Clocks can be as simple as you like…it's not hard to build a nice looking clock with a "fit-up" insert for $10-$15.


----------



## TaybulSawz (Oct 17, 2013)

How about some wine Gift boxes. I make these and now that I've made one, I can make 4 in about 2 hours. They're all made from scraps in my shop. The one shown is made from maple and bubinga. I also use Oak, Pne, mahogany, Walnut whatever is laying around. 16" x 4" so small pieces is all that's required. All I buy is some 1/4" oak doweling. All else is Scrap. I have the plans if you want em.


----------



## pintodeluxe (Sep 12, 2010)

Picture frames are always nice.


----------



## ADHDan (Aug 17, 2012)

Picture frames definitely fit the bill, but I'm not sure everyone on our list wants to get frames two years in a row. I'll probably circle back to doing frames in a few years. For now, that wine box looks great (TaybulSaws, I sent you a PM) and end grain cutting boards are still in the running. Thanks!


----------



## mojapitt (Dec 31, 2011)

Wooden mugs?


----------



## brtech (May 26, 2010)

A variation on end grain cutting boards are trivets. You can also do bread knives, but that's usually more bandsaw work. Cheese plates, pizza peels and knife blocks can work.

The one I'm using for my family this year probably won't work for you, but everyone I want to give a gift to has an iPhone, so they are all getting charging stands.


----------



## ADHDan (Aug 17, 2012)

I have no bandsaw (or jointer, or lathe), so that limits my projects a bit - but trivets sound like the natural companion to cutting boards.

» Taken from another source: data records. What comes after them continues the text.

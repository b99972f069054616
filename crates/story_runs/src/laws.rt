//! What the lines of a report show against the laws of a group.

use std::alloc::{AllocError, Global};

/// What a line of a report says.
#[derive(Clone, Copy, PartialEq, Eq)]
enum Entry<'a> {
    /// A Sentinel was elected.
    Elected {
        master: &'a str,
        epoch: u64,
    },
    /// A Sentinel showed a configuration.
    Said {
        sentinel: &'a str,
        master: &'a str,
        epoch: u64,
        ip: &'a str,
        port: &'a str,
    },
}

/// What a line says: `elected <master> <epoch> <runid>` or `said <runid> <master> <epoch> <ip> <port>`; none where it
/// is no such line.
fn entry_of(line: &str) -> Option<Entry<'_>> {
    let mut words = line.split(' ');
    match words.next()? {
        "elected" => {
            let master = words.next()?;
            let epoch = words.next()?.parse().ok()?;
            Some(Entry::Elected { master, epoch })
        }
        "said" => {
            let sentinel = words.next()?;
            let master = words.next()?;
            let epoch = words.next()?.parse().ok()?;
            let ip = words.next()?;
            let port = words.next()?;
            Some(Entry::Said {
                sentinel,
                master,
                epoch,
                ip,
                port,
            })
        }
        _ => None,
    }
}

/// How often reports show what no run may bring.
#[derive(Clone, Copy, Default, PartialEq, Eq)]
pub(crate) struct Breaches {
    /// Elections of a master in an epoch that had one.
    pub(crate) elections: u64,
    /// Configurations of a master whose epoch was shown with another address.
    pub(crate) addresses: u64,
    /// Configurations of a master that a Sentinel showed after one of a greater epoch.
    pub(crate) fallen: u64,
    /// Lines that tell neither.
    pub(crate) unread: u64,
}

impl Breaches {
    /// Counts what a line shows after an earlier one of its report.
    fn compare(&mut self, earlier: Entry<'_>, later: Entry<'_>) {
        match (earlier, later) {
            (
                Entry::Elected { master, epoch },
                Entry::Elected {
                    master: same,
                    epoch: again,
                },
            ) => {
                if master == same && epoch == again {
                    self.elections = self.elections.saturating_add(1);
                }
            }
            (
                Entry::Said {
                    sentinel,
                    master,
                    epoch,
                    ip,
                    port,
                },
                Entry::Said {
                    sentinel: other,
                    master: same,
                    epoch: again,
                    ip: place,
                    port: number,
                },
            ) => {
                if master == same && epoch == again && (ip != place || port != number) {
                    self.addresses = self.addresses.saturating_add(1);
                }
                if master == same && sentinel == other && again < epoch {
                    self.fallen = self.fallen.saturating_add(1);
                }
            }
            _ => {}
        }
    }

    /// Counts what the lines of a report show, each after all earlier ones.
    pub(crate) fn count(&mut self, alloc: Global, lines: &str) -> Result<(), AllocError> {
        let mut before: Vec<Entry<'_>> = Vec::new(alloc);
        for line in lines.lines() {
            let Some(later) = entry_of(line) else {
                self.unread = self.unread.saturating_add(1);
                continue;
            };
            for earlier in before.as_slice() {
                self.compare(*earlier, later);
            }
            before.push(later)?;
        }
        Ok(())
    }
}
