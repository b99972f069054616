//! What is told of what isn't well: who it is, and what to do.

use crate::matters::{Matter, What};
use crate::said::Trouble;
use crate::shown_texts::{At, IdDigits, name_text};
use ballot_law::Addr;
use std::fmt;

/// What is told of a Sentinel that said nothing.
fn sentinel_trouble(trouble: Trouble) -> &'static str {
    match trouble {
        Trouble::Unreached => "isn't reached: start it, or see its machine and the network",
        Trouble::Silent => "didn't answer within two seconds: see its machine and its journal",
        Trouble::Closed => {
            "closes the connection without an answer: it is halted if its file can't be written, so see its journal"
        }
        Trouble::WantsPassword => {
            "wants a password: name a file that has it (`requirepass`), or give it by --pass-file"
        }
        Trouble::WrongPassword => {
            "refuses the password: write the same `requirepass` into all files, or give the right one by --pass-file"
        }
        Trouble::NoRights => "doesn't let the user ask this: see its users",
        Trouble::Protected => {
            "refuses other machines (protected mode): write `requirepass` into all files, or ask on its own machine"
        }
        Trouble::Full => {
            "has no room for a client: see its `maxclients`, and who is connected (CLIENT LIST)"
        }
        Trouble::NoSentinel => "answers, but is no Sentinel: see the address",
        Trouble::Garbage => "answers what no Sentinel says: see what listens there",
    }
}

/// What is told of a data node that said nothing.
fn node_trouble(trouble: Trouble) -> &'static str {
    match trouble {
        Trouble::Unreached => "isn't reached: start it, or see its machine and the network",
        Trouble::Silent => "didn't answer within two seconds: see its machine and the network",
        Trouble::Closed => {
            "closes the connection without an answer: see its log, and what listens there"
        }
        Trouble::WantsPassword => {
            "wants a password: write `sentinel auth-pass` into all files; of addresses alone, name a file"
        }
        Trouble::WrongPassword => {
            "refuses the login: write its password (`sentinel auth-pass`, `auth-user`) into all files"
        }
        Trouble::NoRights => "doesn't let the user ask INFO: give it the rights of a Sentinel",
        Trouble::Protected => {
            "refuses other machines (protected mode): give it a password, and `sentinel auth-pass` to all files"
        }
        Trouble::Full => "has no room for a client: see its `maxclients`, and who is connected",
        Trouble::NoSentinel | Trouble::Garbage => {
            "answers what no Redis server says: see what listens there"
        }
    }
}

/// What a data node is to its master.
fn rank(leads: bool) -> &'static str {
    if leads { "master" } else { "replica" }
}

/// An address that is never shown: of a matter without one.
const NOWHERE: Addr = Addr { ip: 0, port: 0 };

impl fmt::Display for Matter {
    fn fmt<W: fmt::Write>(&self, f: &mut fmt::Formatter<W>) -> fmt::Result {
        let at = At(self.at.unwrap_or(NOWHERE));
        let master = self.master.as_ref().map_or("", name_text);
        match self.what {
            What::SentinelReached(Some(trouble)) => {
                write!(f, "Sentinel {at} {}", sentinel_trouble(trouble))
            }
            What::NodeReached(leads, Some(trouble)) => {
                let (rank, why) = (rank(leads), node_trouble(trouble));
                write!(f, "the {rank} {at} of {master} {why}")
            }
            What::KnownId(known, told) => {
                let (known, told) = (IdDigits(known), IdDigits(told));
                write!(
                    f,
                    "Sentinel {at} has the run id {told}, and is known as {known}: see that it runs on its own file"
                )
            }
            What::Tilt(_) => write!(
                f,
                "Sentinel {at} is in TILT and begins nothing for 30 s: see its machine, whose clock jumped or that \
stood still"
            ),
            What::Masters(_) => {
                write!(
                    f,
                    "no Sentinel tells a master: see their files, and whether they run"
                )
            }
            What::LeftOut(_) => write!(
                f,
                "the Sentinels name more nodes than are asked: see who names them"
            ),
            what => write_view(f, at, master, what),
        }
    }
}

/// The sentence of what a Sentinel tells of a master; else that of a data node.
fn write_view<W: fmt::Write>(
    f: &mut fmt::Formatter<W>,
    at: At,
    master: &str,
    what: What,
) -> fmt::Result {
    match what {
        What::Watches(_) => write!(
            f,
            "Sentinel {at} doesn't watch {master}: all files have to name the same masters"
        ),
        What::Epoch(told, newest) => write!(
            f,
            "Sentinel {at} tells epoch {told} of {master}, and the newest is {newest}: it hears no hello, so see its \
links to the data nodes and its rights there"
        ),
        What::Address(told, newest) => {
            let (told, newest) = (At(told), At(newest));
            write!(
                f,
                "Sentinel {at} tells {told} as the address of {master}, and the newest is {newest}: it hears no hello, \
or its file is of another group"
            )
        }
        What::MasterDown(_, true) => write!(
            f,
            "Sentinel {at} finds the master of {master} down with enough others (o_down): a failover comes, if a \
majority and a replica are up"
        ),
        What::MasterDown(_, false) => write!(
            f,
            "Sentinel {at} finds the master of {master} down alone (s_down): see the network between the two, and its \
login"
        ),
        what => write_group(f, at, master, what),
    }
}

/// The sentence of how a Sentinel finds its group; else that of a data node.
fn write_group<W: fmt::Write>(
    f: &mut fmt::Formatter<W>,
    at: At,
    master: &str,
    what: What,
) -> fmt::Result {
    match what {
        What::FailsOver(_) => {
            write!(
                f,
                "Sentinel {at} runs a failover of {master}: wait until it ends"
            )
        }
        What::QuorumReached(_, usable) => write!(
            f,
            "Sentinel {at} counts {usable} usable Sentinels for {master}, too few for a failover: start the others, \
see the network and the ports' passwords"
        ),
        What::PeerKnown(other, _) => {
            let other = At(other);
            write!(
                f,
                "Sentinel {at} doesn't know Sentinel {other} for {master}: its file lacks the line \
`sentinel known-sentinel`"
            )
        }
        What::PeerDown(other, _) => {
            let other = At(other);
            write!(
                f,
                "Sentinel {at} finds Sentinel {other} down for {master}, which answers here: see the network and the \
ports' passwords between the two"
            )
        }
        what => write_replica(f, at, master, what),
    }
}

/// The sentence of how a Sentinel finds a replica, or of a master's replicas; else that of a data node.
fn write_replica<W: fmt::Write>(
    f: &mut fmt::Formatter<W>,
    at: At,
    master: &str,
    what: What,
) -> fmt::Result {
    match what {
        What::ReplicaListed(replica, _) => {
            let replica = At(replica);
            write!(
                f,
                "Sentinel {at} doesn't list the replica {replica} of {master}: its file lacks the line \
`sentinel known-replica`"
            )
        }
        What::ReplicaDown(replica, _) => {
            let replica = At(replica);
            write!(
                f,
                "Sentinel {at} finds the replica {replica} of {master} down, which answers here: see the network \
between the two, and its login"
            )
        }
        What::Replicas(_) => write!(
            f,
            "{master} has no replica, so nobody can take over: add one to all files (sentinel_group change \
--add-replica)"
        ),
        What::Heirs(_, _) => write!(
            f,
            "each replica of {master} has priority 0, so nobody can take over: CONFIG SET replica-priority 100 at one"
        ),
        what => write_node(f, at, master, what),
    }
}

/// The sentence of a data node; nothing of any other matter.
fn write_node<W: fmt::Write>(
    f: &mut fmt::Formatter<W>,
    at: At,
    master: &str,
    what: What,
) -> fmt::Result {
    match what {
        What::Loads(_) => {
            write!(
                f,
                "{at} of {master} loads its data: wait, no Sentinel takes it for up before it is done"
            )
        }
        What::CallsItself(true, _) => write!(
            f,
            "the master {at} of {master} calls itself a replica: if this lasts for 10 s, ask a Sentinel for SENTINEL \
FAILOVER {master}"
        ),
        What::CallsItself(false, _) => write!(
            f,
            "{at} of {master} calls itself a master too, and what it takes is lost: Sentinels that list it make it a \
replica within some 10 s, else end it"
        ),
        What::Link(_, down_s) => write!(
            f,
            "the replica {at} of {master} has had no link to its master for {down_s} s: see its `masterauth` and its \
log"
        ),
        What::Follows(Some(told), newest) => {
            let (told, newest) = (At(told), At(newest));
            write!(
                f,
                "the replica {at} of {master} follows {told}, and not {newest}: Sentinels that list it correct it \
within some 10 s, if they may"
            )
        }
        _ => Ok(()),
    }
}
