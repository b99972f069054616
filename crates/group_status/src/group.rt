//! What all nodes of a group said.

use crate::said::{MasterSaid, NodeSaid, SentinelSaid, Trouble};
use crate::targets::{DataNodeAt, SentinelAt, Targets};
use ballot_law::{Addr, MASTERS_MAX, NODES_MAX, Name, NoMemory, RunId, SENTINELS_MAX};
use std::alloc::Global;

/// A Sentinel that was asked: its address, the run id by which others know it, and what it said, or why it said
/// nothing.
#[derive(Drop)]
pub(crate) struct SentinelFacts {
    pub(crate) addr: Addr,
    pub(crate) known_id: Option<RunId>,
    pub(crate) said: Result<SentinelSaid, Trouble>,
}

impl SentinelFacts {
    /// What it said of the master of this name.
    pub(crate) fn view(&self, master: &Name) -> Option<&MasterSaid> {
        match &self.said {
            Ok(said) => said.master(master),
            Err(_) => None,
        }
    }

    /// Its run id as it told it; else that by which others know it.
    pub(crate) fn id(&self) -> Option<RunId> {
        match &self.said {
            Ok(said) => Some(said.id),
            Err(_) => self.known_id,
        }
    }
}

/// A data node that was asked, and what it said, or why it said nothing.
#[derive(Clone, Copy)]
pub(crate) struct NodeFacts {
    pub(crate) addr: Addr,
    pub(crate) master: Name,
    pub(crate) said: Result<NodeSaid, Trouble>,
}

/// The configuration of a master with the greatest epoch that a Sentinel tells; of several the first one's.
#[derive(Clone, Copy)]
pub(crate) struct NewestTold {
    pub(crate) addr: Addr,
    pub(crate) epoch: u64,
}

/// How many nodes are asked at most: as many as the files of a group may name.
pub const NODES_ASKED_MAX: usize = SENTINELS_MAX + MASTERS_MAX * NODES_MAX;

/// All nodes that were asked. `left_out` is how often one more was named than are asked.
#[derive(Drop)]
pub struct GroupFacts {
    pub(crate) masters: Vec<Name>,
    pub(crate) sentinels: Vec<SentinelFacts>,
    pub(crate) nodes: Vec<NodeFacts>,
    pub(crate) left_out: u64,
}

impl GroupFacts {
    /// The targets, none of which has said anything.
    pub(crate) fn of(alloc: Global, targets: &Targets) -> Result<GroupFacts, NoMemory> {
        let mut group = GroupFacts {
            masters: Vec::new(alloc),
            sentinels: Vec::new(alloc),
            nodes: Vec::new(alloc),
            left_out: 0,
        };
        for sentinel in targets.sentinels() {
            group.add_sentinel(*sentinel)?;
        }
        for node in targets.nodes() {
            group.add_master(node.master)?;
            group.add_node(*node)?;
        }
        Ok(group)
    }

    /// Adds a Sentinel, unless one at its address is there.
    pub(crate) fn add_sentinel(&mut self, sentinel: SentinelAt) -> Result<(), NoMemory> {
        for known in &mut self.sentinels {
            if known.addr == sentinel.addr {
                known.known_id = known.known_id.or(sentinel.id);
                return Ok(());
            }
        }
        if self.is_full() {
            return Ok(());
        }
        self.sentinels.push(SentinelFacts {
            addr: sentinel.addr,
            known_id: sentinel.id,
            said: Err(Trouble::Unreached),
        })?;
        Ok(())
    }

    /// Adds a data node, unless it is there.
    pub(crate) fn add_node(&mut self, node: DataNodeAt) -> Result<(), NoMemory> {
        let DataNodeAt { addr, master } = node;
        for known in &self.nodes {
            if known.addr == addr && known.master == master {
                return Ok(());
            }
        }
        if self.is_full() {
            return Ok(());
        }
        self.nodes.push(NodeFacts {
            addr,
            master,
            said: Err(Trouble::Unreached),
        })?;
        Ok(())
    }

    /// Adds a master, unless it is there.
    pub(crate) fn add_master(&mut self, master: Name) -> Result<(), NoMemory> {
        for known in &self.masters {
            if *known == master {
                return Ok(());
            }
        }
        self.masters.push(master)?;
        Ok(())
    }

    /// Whether there are as many nodes as are asked: then the one that was to be added is left out.
    fn is_full(&mut self) -> bool {
        let count = self.sentinels.len().saturating_add(self.nodes.len());
        if count < NODES_ASKED_MAX {
            return false;
        }
        self.left_out = self.left_out.saturating_add(1);
        true
    }

    /// The newest configuration of the master; none where no Sentinel tells one.
    pub(crate) fn newest(&self, master: &Name) -> Option<NewestTold> {
        let mut newest: Option<NewestTold> = None;
        for facts in &self.sentinels {
            if let Some(told) = facts.view(master) {
                let (addr, epoch) = (told.addr, told.epoch);
                match newest {
                    Some(known) if epoch <= known.epoch => {}
                    _ => newest = Some(NewestTold { addr, epoch }),
                }
            }
        }
        newest
    }

    /// Whether this data node is its master's, by the newest configuration.
    pub(crate) fn leads(&self, node: &NodeFacts) -> bool {
        self.newest(&node.master)
            .map_or(false, |newest| newest.addr == node.addr)
    }

    /// The address of the Sentinel with this run id.
    pub(crate) fn sentinel_with(&self, id: RunId) -> Option<Addr> {
        for facts in &self.sentinels {
            if facts.id() == Some(id) {
                return Some(facts.addr);
            }
        }
        None
    }

    /// The last vote for this master that others heard of the Sentinel with this run id, with its epoch.
    pub(crate) fn vote_of(&self, id: RunId, master: &Name) -> Option<(RunId, u64)> {
        let mut last: Option<(RunId, u64)> = None;
        for facts in &self.sentinels {
            let heard = facts.view(master).and_then(|told| told.peer(id));
            if let Some(peer) = heard {
                if let Some(vote) = peer.vote {
                    match last {
                        Some((_, epoch)) if peer.vote_epoch <= epoch => {}
                        _ => last = Some((vote, peer.vote_epoch)),
                    }
                }
            }
        }
        last
    }

    /// What the data node at this address, of this master, said.
    pub(crate) fn node_at(&self, addr: Addr, master: &Name) -> Option<NodeSaid> {
        for node in &self.nodes {
            if node.addr == addr && node.master == *master {
                return node.said.ok();
            }
        }
        None
    }
}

Particularly because I can make nice large cutting boards for closer relatives, and trivets for more distant relatives - but still cut all the pieces at the same time.


----------



## Jim584 (Oct 6, 2013)

Check out Steve Ramsey on youtube, he has several quick and easy projects on his page. Its Woodworking for mere mortals or WWMM, i'm currently building a few of his projects.


----------



## Finn (May 26, 2010)

I mass produce small "what not" boxes and they sell well. I make different sizes with 8"x11"x2" the largest.


----------



## tefinn (Sep 23, 2011)

Another vote for trivets, either all wood or wood and tile. Also coaster sets. Clocks are always nice. I'm going to do a variation of this for gifts this year. Voitive candle holders. Wine bottle balancers are cool and easy too.


----------



## ADHDan (Aug 17, 2012)

More excellent suggestions - you guys rock! What do you use to finish coasters and trivets, to protect from heat or water/condensation?


----------



## wormil (Nov 19, 2011)

I finish my trivets with oil only as I doubt any finish will hold up to a hot pan.


----------



## pmayer (Jan 3, 2010)

Here is one of the items that I am making as holiday gifts this year:

http://www.wwgoa.com/kitchen-tongs/

For a list of 15 people perhaps you could make one large and one small pair of tongs for each person. These would work great with your small cut-offs. I did a dry run the other night and made 9 of them in one night using only wood from my firewood scrap pile.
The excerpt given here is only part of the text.